* [Exercise materials]

+ + +

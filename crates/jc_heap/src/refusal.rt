//! Why a call of a heap is refused.
ghost use Rattle.std.specs.Prelude.{◌≡◌};
ghost use Rattle.jc_heap.specs.Refusal.{change_refusal, heap_refusal};
ghost use Rattle.jc_heap.specs.declared.refusal.HeapRefusal.TheVariants.{StoreDown};

use jc_commit::WriteRefusal;
use thiserror::Error;

/// Why a change was not made.
#[derive(Clone, Copy, Debug, PartialEq, Eq, Error)]
pub enum ChangeRefusal {
    /// The store refused a write. Only a power up follows.
    #[error("the store is down")]
    StoreDown,
    /// The transaction has no room for the change.
    #[error("the transaction has no room for the change")]
    CommitFull,
}

/// Why an object or a package was not made.
#[derive(Clone, Copy, Debug, Error)]
pub enum HeapRefusal {
    /// The store refused a write. Only a power up follows.
    #[error("the store is down")]
    StoreDown,
    /// The transaction has no room for the change.
    #[error("the transaction has no room for the change")]
    CommitFull,
    /// There is no space for the object.
    #[error("the heap is full")]
    HeapFull,
    /// There is no space in the area for the object's cells.
    #[error("the area of transient cells is full")]
    NoTransientSpace,
}

impl From<WriteRefusal> for ChangeRefusal {
    ghost from_gives = { λ r e. e ≡ change_refusal r };

    fn from(refusal: WriteRefusal) -> Self {
        match refusal {
            WriteRefusal::StoreDown => ChangeRefusal::StoreDown,
            WriteRefusal::Full => ChangeRefusal::CommitFull,
        }
    }
}

impl From<ChangeRefusal> for HeapRefusal {
    ghost from_gives = { λ r e. e ≡ heap_refusal r };

    fn from(refusal: ChangeRefusal) -> Self {
        match refusal {
            ChangeRefusal::StoreDown => HeapRefusal::StoreDown,
            ChangeRefusal::CommitFull => HeapRefusal::CommitFull,
        }
    }
}

impl From<jc_words::StoreDown> for HeapRefusal {
    ghost from_gives = { λ _ e. e ≡ StoreDown };

    fn from(_: jc_words::StoreDown) -> Self {
        HeapRefusal::StoreDown
    }
}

+ + +

* [Work instructions]
Your task is to retype the complete material exactly as it was given.

* [Task response]
filename crates/jc_heap/src/refusal.rt
//! Why a call of a heap is refused.
ghost use Rattle.std.specs.Prelude.{◌≡◌};
ghost use Rattle.jc_heap.specs.Refusal.{change_refusal, heap_refusal};
ghost use Rattle.jc_heap.specs.declared.refusal.HeapRefusal.TheVariants.{StoreDown};

use jc_commit::WriteRefusal;
use thiserror::Error;

/// Why a change was not made.
#[derive(Clone, Copy, Debug, PartialEq, Eq, Error)]
pub enum ChangeRefusal {
    /// The store refused a write. Only a power up follows.
    #[error("the store is down")]
    StoreDown,
    /// The transaction has no room for the change.
    #[error("the transaction has no room for the change")]
    CommitFull,
}

/// Why an object or a package was not made.
#[derive(Clone, Copy, Debug, Error)]
pub enum HeapRefusal {
    /// The store refused a write. Only a power up follows.
    #[error("the store is down")]
    StoreDown,
    /// The transaction has no room for the change.
    #[error("the transaction has no room for the change")]
    CommitFull,
    /// There is no space for the object.
    #[error("the heap is full")]
    HeapFull,
    /// There is no space in the area for the object's cells.
    #[error("the area of transient cells is full")]
    NoTransientSpace,
}

impl From<WriteRefusal> for ChangeRefusal {
    ghost from_gives = { λ r e. e ≡ change_refusal r };

    fn from(refusal: WriteRefusal) -> Self {
        match refusal {
            WriteRefusal::StoreDown => ChangeRefusal::StoreDown,
            WriteRefusal::Full => ChangeRefusal::CommitFull,
        }
    }
}

impl From<ChangeRefusal> for HeapRefusal {
    ghost from_gives = { λ r e. e ≡ heap_refusal r };

    fn from(refusal: ChangeRefusal) -> Self {
        match refusal {
            ChangeRefusal::StoreDown => HeapRefusal::StoreDown,
            ChangeRefusal::CommitFull => HeapRefusal::CommitFull,
        }
    }
}

impl From<jc_words::StoreDown> for HeapRefusal {
    ghost from_gives = { λ _ e. e ≡ StoreDown };

    fn from(_: jc_words::StoreDown) -> Self {
        HeapRefusal::StoreDown
    }
}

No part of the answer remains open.